Son ami lui tendit les notes qu'il connaissait à présent les yeux fermés.

« Je suppose que l'une des formules permet d'activer les pouvoirs de la pierre, l'autre de les arrêter. Tu es prête ? »

Il avait le regard fiévreux de ces gens emplis d'un espoir fou et malgré elle, Élinor sentit son cœur se serrer. Que Maliah fût encore de ce monde lui importait moins à cet instant que le succès de leur plan, car en cas d'échec, Eytan ne s'en remettrait pas.

Une nouvelle fois, l'adolescent attrapa l'artefact entre ses doigts, puis d'un regard, il invita son amie à en faire autant. Heureuse que la pièce et la couleur de sa peau fussent suffisamment sombres pour cacher le rougissement de ses joues, cette dernière obtempéra. Comme toujours, la main du jeune homme était glacée. Ses yeux couleur nuit fixé sur la pierre au sommet de l'artefact, il murmura quelques mots.

Il ne se passa rien. Les sourcils froncés, il les répéta encore et encore avec fermeté et alors qu'un bon quart d'heure devait s'être écoulé et qu'Élinor ne sentait plus son bras tendu au-dessus de l'établi, un éclat aussi bref qu'intense illumina l'atelier. Quand ils reposèrent l'artefact, la pénombre avait repris possession des lieux.

« Qu'est-ce que c'était ?

— Lili, tu ne vois rien ? »

Le ton était étrangement aigu. L'adolescente promena un regard perplexe autour d'elle, espérant apercevoir sans vraiment trop y croire, un signe quelconque de magie. Comment avaient-ils pu se laisser embobiner ? Si elle faisait partie de leur vie, ce n'était certainement pas dans ce monde-ci que la magie existait alors pourquoi avaient-ils cru...

« Ça a marché Lili, tu es un génie ! »

Sans crier gare, Eytan se jeta dans ses bras et sous la surprise, Élinor perdit l'équilibre. S'il n'y avait pas eu un mur derrière elle pour la rattraper, sans doute auraient-ils fini par terre, mais au lieu de ça, elle se retrouva à serrer son ami dans ses bras. Sous l'émotion, ce dernier entama une danse joyeuse et emportée par son enthousiasme et la fatigue de ces dernières semaines, la jeune fille suivit le mouvement. Bras dessus, bras dessous, les deux adolescents laissèrent éclater leur joie.

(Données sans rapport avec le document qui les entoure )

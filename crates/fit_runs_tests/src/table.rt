// The table of histories, stated once more and slowly: the state of a recording is a set of claims. Each claim is a plain list of
// what may be recorded, and how many of its entries are promised. Nothing here is taken from the code that is tested.

pub mod list;
pub mod outcome_kind;

use fit_activity::{Entry, Refusal, Start, Summary};
use fit_histories::{Answer, Command, Event};
use fit_recorder::RecFault;
use list::{Recorded, has_stopped, refusal_of, start_fits, sums_of};
use outcome_kind::{outcome_by, outcome_of};
use std::alloc::{AllocError, Global};
use std::test::Fail;

// A prefix of the list may be recorded, no shorter than the promise.
#[derive(Debug, Drop)]
struct Claim {
    list: Vec<Recorded>,
    promise: usize,
}

// All of this list is recorded.
fn whole(alloc: Global, list: &[Recorded]) -> Result<Claim, AllocError> {
    Ok(Claim {
        list: Vec::from_slice(alloc, list)?,
        promise: list.len(),
    })
}

/// The state of a recording. While a recorder runs, each claim is a list that it may have been handed. There is one such list, unless
/// the ride was reopened: a reopening does not report what it found.
#[derive(Drop)]
pub struct Table {
    alloc: Global,
    claims: Vec<Claim>,
    riding: bool,
    // The device failed in the recorder that runs.
    broken: bool,
    // A start was begun since the last erasing.
    begun: bool,
    // A power cut was scheduled since the power last came back; a failure was scheduled and no call was broken off since.
    cut: bool,
    fail: bool,
}

// Whether a call was broken off by the device.
fn is_device(answer: &Answer) -> bool {
    *answer == Answer::Refused(RecFault::Device)
}

impl Table {
    /// Two empty files. The only claim is that nothing is recorded.
    pub fn new(alloc: Global) -> Result<Table, AllocError> {
        let mut claims = Vec::new(alloc);
        claims.push(whole(alloc, &[])?)?;
        Ok(Table {
            alloc,
            claims,
            riding: false,
            broken: false,
            begun: false,
            cut: false,
            fail: false,
        })
    }

    /// Whether the answer to the command is possible. Afterwards the table has the state after that answer.
    pub fn allows(&mut self, command: &Command, answer: &Answer) -> Result<bool, AllocError> {
        if is_device(answer) && !self.cut && !self.fail {
            return Ok(false);
        }
        let allowed = match command {
            Command::Start(start) => self.start(start, answer)?,
            Command::Entry(Entry::Stop(time)) => self.stop(*time, answer)?,
            Command::Entry(entry) => self.hand(entry, answer)?,
            Command::Commit => self.commit(answer),
            Command::Restart => self.restart(answer),
            Command::Recover => self.recover(answer)?,
            Command::Reopen => self.reopen(answer)?,
            Command::Erase => self.erase(answer)?,
            Command::Fail(_) | Command::Cut(_) | Command::Power => self.arrange(command, answer),
        };
        if is_device(answer) {
            self.fail = false;
        }
        Ok(allowed)
    }

    // Whether it is possible that nothing is recorded.
    fn has_none(&self) -> bool {
        self.claims.iter().any(|claim| claim.list.is_empty())
    }

    // From here on all of this list is recorded, and nothing else.
    fn keep(&mut self, list: &[Recorded]) -> Result<(), AllocError> {
        let mut claims = Vec::new(self.alloc);
        claims.push(whole(self.alloc, list)?)?;
        self.claims = claims;
        Ok(())
    }

    // The recorder that runs ends.
    fn end(&mut self) {
        self.riding = false;
        self.broken = false;
    }

    fn restart(&mut self, answer: &Answer) -> bool {
        self.end();
        *answer == Answer::Done
    }

    fn arrange(&mut self, command: &Command, answer: &Answer) -> bool {
        match command {
            Command::Fail(_) => self.fail = true,
            Command::Cut(_) => self.cut = true,
            _ => {
                self.end();
                self.fail = false;
                self.cut = false;
            }
        }
        *answer == Answer::Done
    }

    fn start(&mut self, start: &Start, answer: &Answer) -> Result<bool, AllocError> {
        self.end();
        let fits = start_fits(start);
        match answer {
            Answer::Done => {
                let allowed = fits && self.has_none();
                self.keep(&[Recorded::Started(*start)])?;
                self.riding = true;
                self.begun = true;
                Ok(allowed)
            }
            Answer::Refused(RecFault::Refused(refusal)) => Ok(!fits && *refusal == Refusal::Time),
            Answer::Refused(RecFault::NotEmpty) => Ok(fits && self.begun),
            Answer::Refused(RecFault::Device) => {
                if self.has_none() {
                    let claim = whole(self.alloc, &[Recorded::Started(*start)])?;
                    self.claims.push(claim)?;
                }
                self.begun = true;
                Ok(fits)
            }
            _ => Ok(false),
        }
    }

    // An entry that is no stop. No history here is so long that there is no room.
    fn hand(&mut self, entry: &Entry, answer: &Answer) -> Result<bool, AllocError> {
        if !self.riding || self.broken {
            return Ok(self.is_idle(answer));
        }
        match answer {
            Answer::Done => {
                self.keep_refusing(entry, None);
                self.add(entry)?;
            }
            Answer::Refused(RecFault::Refused(outcome)) => self.keep_refusing(
                entry,
                Some(*outcome),
            ),
            Answer::Refused(RecFault::Device) => {
                self.keep_refusing(entry, None);
                self.broken = true;
            }
            _ => return Ok(false),
        }
        Ok(!self.claims.is_empty())
    }

    // Keeps the lists after which the entry is refused for this reason, or is not refused.
    fn keep_refusing(&mut self, entry: &Entry, refusal: Option<Refusal>) {
        self.claims
            .retain(|claim| refusal_of(&claim.list, entry) == refusal);
    }

    // Adds the entry to each list.
    fn add(&mut self, entry: &Entry) -> Result<(), AllocError> {
        for claim in &mut self.claims {
            claim.list.push(Recorded::Added(*entry))?;
        }
        Ok(())
    }

    // Promises all that was handed in.
    fn promise_all(&mut self) {
        for claim in &mut self.claims {
            claim.promise = claim.list.len();
        }
    }

    // No history here has so many commits that the journal is full.
    fn commit(&mut self, answer: &Answer) -> bool {
        if !self.riding || self.broken {
            return self.is_idle(answer);
        }
        match answer {
            Answer::Done => {
                self.promise_all();
                true
            }
            Answer::Refused(RecFault::Device) => {
                self.broken = true;
                true
            }
            _ => false,
        }
    }

    fn stop(&mut self, time: u32, answer: &Answer) -> Result<bool, AllocError> {
        if !self.riding || self.broken {
            return Ok(self.is_idle(answer));
        }
        let stop = Entry::Stop(time);
        match answer {
            Answer::Refused(RecFault::Refused(outcome)) => self.keep_refusing(
                &stop,
                Some(*outcome),
            ),
            Answer::Stopped { file } => {
                self.keep_refusing(&stop, None);
                self.add(&stop)?;
                self.promise_all();
                self.keep_outcome(file)?;
                self.end();
            }
            Answer::Refused(RecFault::Device) => {
                self.keep_refusing(&stop, None);
                self.add(&stop)?;
                self.broken = true;
            }
            _ => return Ok(false),
        }
        Ok(!self.claims.is_empty())
    }

    // Keeps the lists whose finished file this is.
    fn keep_outcome(&mut self, file: &[u8]) -> Result<(), AllocError> {
        let mut kept = Vec::new(self.alloc);
        if let Some(outcome) = outcome_by(self.alloc, file)? {
            for claim in &self.claims {
                if outcome == outcome_of(self.alloc, &claim.list)? {
                    kept.push(whole(self.alloc, &claim.list)?)?;
                }
            }
        }
        self.claims = kept;
        Ok(())
    }

    // The only possible answer if no recorder runs, or if the device failed in it.
    fn is_idle(&self, answer: &Answer) -> bool {
        match self.riding {
            false => *answer == Answer::NoRecorder,
            true => *answer == Answer::Refused(RecFault::Failed),
        }
    }

    fn recover(&mut self, answer: &Answer) -> Result<bool, AllocError> {
        self.end();
        match answer {
            Answer::Recovered { summary, file } => self.recovered(summary, file),
            Answer::Refused(RecFault::NothingRecorded) => {
                let allowed = self.has_none();
                self.keep(&[])?;
                Ok(allowed)
            }
            Answer::Refused(RecFault::Device) => Ok(true),
            _ => Ok(false),
        }
    }

    // The file is that of a prefix of some claim, no shorter than it promises and not empty. Two prefixes may have the same file:
    // the longer one may end with a stop at the time of the entry before it.
    fn recovered(&mut self, summary: &Summary, file: &[u8]) -> Result<bool, AllocError> {
        let Some(outcome) = outcome_by(self.alloc, file)? else {
            return Ok(false);
        };
        let mut kept = Vec::new(self.alloc);
        for claim in &self.claims {
            for len in claim.promise.max(1)..claim.list.len().saturating_add(1) {
                if let Some(beginning) = claim.list.as_slice().get(..len) {
                    if sums_of(beginning) == *summary
                        && outcome == outcome_of(self.alloc, beginning)?
                    {
                        kept.push(whole(self.alloc, beginning)?)?;
                    }
                }
            }
        }
        self.claims = kept;
        Ok(!self.claims.is_empty())
    }

    // A ride that has no stop is continued.
    fn reopen(&mut self, answer: &Answer) -> Result<bool, AllocError> {
        self.end();
        match answer {
            Answer::Done => {
                self.keep_beginnings()?;
                self.riding = true;
                Ok(!self.claims.is_empty())
            }
            Answer::Refused(RecFault::Refused(Refusal::Stopped)) => Ok(
                self.claims.iter().any(|claim| has_stopped(&claim.list)),
            ),
            Answer::Refused(RecFault::NothingRecorded) => {
                let allowed = self.has_none();
                self.keep(&[])?;
                Ok(allowed)
            }
            Answer::Refused(RecFault::Device) => Ok(true),
            _ => Ok(false),
        }
    }

    // What may be recorded and has no stop: the prefixes of each claim, no shorter than it promises and not empty.
    fn keep_beginnings(&mut self) -> Result<(), AllocError> {
        let mut kept: Vec<Claim> = Vec::new(self.alloc);
        for claim in &self.claims {
            for len in claim.promise.max(1)..claim.list.len().saturating_add(1) {
                if let Some(beginning) = claim.list.as_slice().get(..len) {
                    let known = kept.iter().any(|other| other.list.as_slice() == beginning);
                    if !known && !has_stopped(beginning) {
                        kept.push(whole(self.alloc, beginning)?)?;
                    }
                }
            }
        }
        self.claims = kept;
        Ok(())
    }

    fn erase(&mut self, answer: &Answer) -> Result<bool, AllocError> {
        self.end();
        match answer {
            Answer::Done => {
                self.keep(&[])?;
                self.begun = false;
                Ok(true)
            }
            Answer::Refused(RecFault::Device) => {
                let nothing = whole(self.alloc, &[])?;
                self.claims.push(nothing)?;
                Ok(true)
            }
            _ => Ok(false),
        }
    }
}

/// Whether these are possible answers to these events over two empty files.
pub fn is_history(alloc: Global, events: &[Event], answers: &[Answer]) -> Result<bool, AllocError> {
    if events.len() != answers.len() {
        return Ok(false);
    }
    let mut table = Table::new(alloc)?;
    for (event, answer) in events.iter().zip(answers) {
        if !table.allows(&event.command, answer)? {
            return Ok(false);
        }
    }
    Ok(true)
}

Cinq minutes plus tard, ils évacuaient les lieux et s'écroulaient hilares dans la pelouse du jardin, crachant et toussant la poussière de l'atelier. Assis par terre malgré le froid de la saison, dos contre le mur de la maison, ils reprirent leur souffle en silence. Un sourire de fierté sur les lèvres, Élinor entrecroisa ses doigts à ceux de son ami et posa la tête sur son épaule. Après plus d'un mois et demi de recherches, ils touchaient enfin au but.

« Tu vois cette volute bleutée et vaporeuse qui s'éloigne dans l'allée là-bas ? C'est l'aura de ma mère.

— Eytan, je...

— Et dans la rue un peu plus loin, je crois bien que c'est celle du chien des voisins. Regarde comment elle contourne chaque arbre et chaque poteau.

— Eytan, je ne...

— Oh si tu savais comment je suis content, Lili ! On va enfin avoir une chance de retrouver Maliah !

— Eytan ! »

Elle avait haussé le ton, mais perdu dans son analyse des environs, il ne l'écoutait pas.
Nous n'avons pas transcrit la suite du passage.